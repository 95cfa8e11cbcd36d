//! An office with much in stock.
use crate::plant_cmd;
use std::alloc::{AllocError, Global};
use std::test::Fail;
use toll_base::{Amount, Day, Name};
use toll_desk::{PlantCmd, PlantReply, plant_do};
use toll_keep::Keep;

/// The numbers of its sublots, each of five digits.
const FIRST: u64 = 10_000;

const LAST: u64 = 23_000;

const WITH_MATERIAL: [&[&str]; 2] = [
    &["owner-add", "ACME", "ACMEKEY1"],
    &["material-add", "ACME", "M", "kg"],
];

// Fails if this command is not accepted.
fn accept<K: Keep>(alloc: Global, keep: &mut K, command: &PlantCmd) -> Result<(), Fail> {
    match plant_do(alloc, keep, command) {
        PlantReply::Accepted => Ok(()),
        _ => Err("not accepted".into()),
    }
}

// A receipt of the sublot with this number.
fn receipt(alloc: Global, number: u64) -> Result<PlantCmd, Fail> {
    let sublot = format!(in alloc; "S{number}")?;
    let sublot = Name::parse(sublot.as_bytes())?;
    Ok(PlantCmd::Receive {
        owner: Name::parse(b"ACME")?,
        key: sublot,
        material: Name::parse(b"M")?,
        lot: Name::parse(b"A")?,
        sublot,
        amount: Amount::new(1)?,
        day: Day::new(10)?,
    })
}

// Does the command that these words ask for.
fn accept_words<K: Keep>(alloc: Global, keep: &mut K, words: &[&str]) -> Result<(), Fail> {
    match plant_cmd(alloc, words)? {
        Some(command) => accept(alloc, keep, &command),
        None => Err("no command".into()),
    }
}

// Receives the sublot with this number.
fn accept_receipt<K: Keep>(alloc: Global, keep: &mut K, number: u64) -> Result<(), Fail> {
    let command = receipt(alloc, number)?;
    accept(alloc, keep, &command)
}

/// Fills an office without rows: its stock is a text of more than 1,048,576 bytes.
pub fn fill_stock<K: Keep>(alloc: Global, keep: &mut K) -> Result<(), Fail> {
    for words in WITH_MATERIAL {
        accept_words(alloc, keep, words)?;
    }
    for number in FIRST..LAST {
        accept_receipt(alloc, keep, number)?;
    }
    Ok(())
}

/// The text of its stock.
pub fn stock_text(alloc: Global) -> Result<String, AllocError> {
    let mut text = String::new(alloc);
    for number in FIRST..LAST {
        text.push_str("A                S")?;
        let line = format!(in alloc;
            "{number}           M                quarantined              1 kg\n"
        )?;
        text.push_str(line.as_str())?;
    }
    Ok(text)
}
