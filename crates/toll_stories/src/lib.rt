//! What tests share: stories of the office, which are lines of what is asked and what is replied to each; how
//! several stories begin; a keep that refuses a call, and streams that fail.
#![tactic(auto)]

mod ample;
mod chapters;
mod checks;
mod commands;
mod fakes;
mod http;
mod lines;
mod refusing;
mod said;
mod setups;
mod stocked;
mod stories;

pub use ample::check_receipts;
pub use chapters::Story;
pub use checks::check;
pub use commands::plant_cmd;
pub use fakes::{Sink, Source, read_pieces};
pub use http::{reply_said, request_of};
pub use lines::{HEADER, are_said, check_chapter, check_said, check_said_over, say, say_to_file};
pub use refusing::{Refused, Refusing};
pub use said::{plant_said, text_of};
pub use setups::{
    A_CONSUMED, CONSUMED_AND_PRODUCED, P1_PRODUCED, RELEASED_AND_PLACED, REPEATED_FILE, WITH_ACME,
    WITH_BATCH, WITH_HOUSE, WITH_ORDER, WITH_PRODUCT_OF_HOUSE, WITH_RECIPE, WITH_RECIPE_OF_HOUSE,
};
pub use stocked::{fill_stock, stock_text};
pub use stories::{
    IMPORTED, K2_IMPORTED, Offices, REFUSED_IMPORTS, RefusedStory, check_refused_import,
    check_stories,
};
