//! What is said, as text.
use std::alloc::{AllocError, Global};
use toll_desk::PlantReply;

/// These bytes as text; `?` if they are none.
pub fn text_of(bytes: &[u8]) -> &str {
    match str::from_utf8(bytes) {
        Ok(text) => text,
        Err(_) => "?",
    }
}

/// The answer if a text is shown: the text itself. An `Err` means that there was no memory.
pub fn said_text(alloc: Global, bytes: &[u8]) -> Result<String, AllocError> {
    String::from_str(alloc, text_of(bytes))
}

fn said_as(alloc: Global, kind: &str, word: &str) -> Result<String, AllocError> {
    format!(in alloc; "{kind} {word}")
}

/// The answer to the plant: `accepted`, `repeated`, `refused` and its word, the text itself, or `fault` and
/// its name. An `Err` means that there was no memory.
pub fn plant_said(alloc: Global, reply: &PlantReply) -> Result<String, AllocError> {
    match reply {
        PlantReply::Accepted => String::from_str(alloc, "accepted"),
        PlantReply::Repeated => String::from_str(alloc, "repeated"),
        PlantReply::Refused(why) => said_as(alloc, "refused", why.title()),
        PlantReply::Text(text) => said_text(alloc, text),
        PlantReply::Fault(why) => said_as(alloc, "fault", why.name()),
    }
}
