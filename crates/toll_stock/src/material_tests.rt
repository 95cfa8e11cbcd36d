//! Tests of materials.
ghost use Rattle.std.specs.Prelude.{◌≡◌, [], ◌∷◌, IfOk};
ghost use Rattle.toll_stock.specs.Common.{list_any, same_bytes, changes_of, KeepsRules, AddTest, by, IsDecided, Decides, DecisionKeepsRules, PutsOnly, facts_of, test_checks};
ghost use Rattle.toll_base.specs.declared.decision.Change.TheVariants as Change;
ghost use Rattle.toll_base.specs.declared.rows.Row.TheVariants as Row;

use std::alloc::{AllocError, Global};
use toll_base::{Change, Decision, Limits, MOST_TESTS, Name, Refusal, Row, Slice, TestRow};

/// Adds a test of the material, which a result within these limits passes.
///
/// [`Refusal::UnknownMaterial`] if the owner has no such material, [`Refusal::TestExists`] if
/// the material has a test of this name, [`Refusal::MaterialInUse`] if a lot is of the material,
/// then [`Refusal::LimitReached`] at 2,000 tests. It fails only if memory runs out.
pub fn add_test(
    alloc: Global,
    slice: &Slice,
    material: Name,
    test: Name,
    limits: Limits,
) -> Result<Decision, AllocError>
    ensures decides { IfOk result (Decides (by slice.now.owner
        (AddTest (record { material = material; test = test; limits = limits }))) slice.now) }
    ensures rules { IfOk result (DecisionKeepsRules slice.now) }
    ensures own { IfOk result (λ d. PutsOnly slice.now.owner (changes_of d)) }
{
    let row = TestRow {
        material,
        test,
        limits,
    };
    plan_test(alloc, slice, &row)
}

fn plan_test(alloc: Global, slice: &Slice, row: &TestRow) -> Result<Decision, AllocError>
    ensures plan { IfOk result (IsDecided (test_checks (facts_of slice.now) row.now)
        (Change.Put slice.now.owner (Row.Test row.now) ∷ [])) }
    ensures kept { KeepsRules slice.now }
{
    let owner = *slice.owner();
    if slice.material(&row.material).is_none() {
        return Ok(Decision::Refuse(Refusal::UnknownMaterial));
    }
    if slice.test(&row.material, &row.test).is_some() {
        return Ok(Decision::Refuse(Refusal::TestExists));
    }
    if is_in_use(slice, &row.material) {
        return Ok(Decision::Refuse(Refusal::MaterialInUse));
    }
    if slice.tests().len() >= MOST_TESTS {
        return Ok(Decision::Refuse(Refusal::LimitReached));
    }
    Decision::accept(alloc, Change::Put(owner, Row::Test(*row)))
}

// Whether a lot is of the material.
fn is_in_use(slice: &Slice, material: &Name) -> bool
    ensures { result ≡ list_any (λ row. same_bytes row.material material.now) slice.now.lots }
{
    slice.lots().iter().any(|row| row.material == *material)
}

....

> [Problem requirements] Where does the word "IsDecided" show up in the material? Copy out each line that has it.

> [Completed exercise]
ghost use Rattle.toll_stock.specs.Common.{list_any, same_bytes, changes_of, KeepsRules, AddTest, by, IsDecided, Decides, DecisionKeepsRules, PutsOnly, facts_of, test_checks};
    ensures plan { IfOk result (IsDecided (test_checks (facts_of slice.now) row.now)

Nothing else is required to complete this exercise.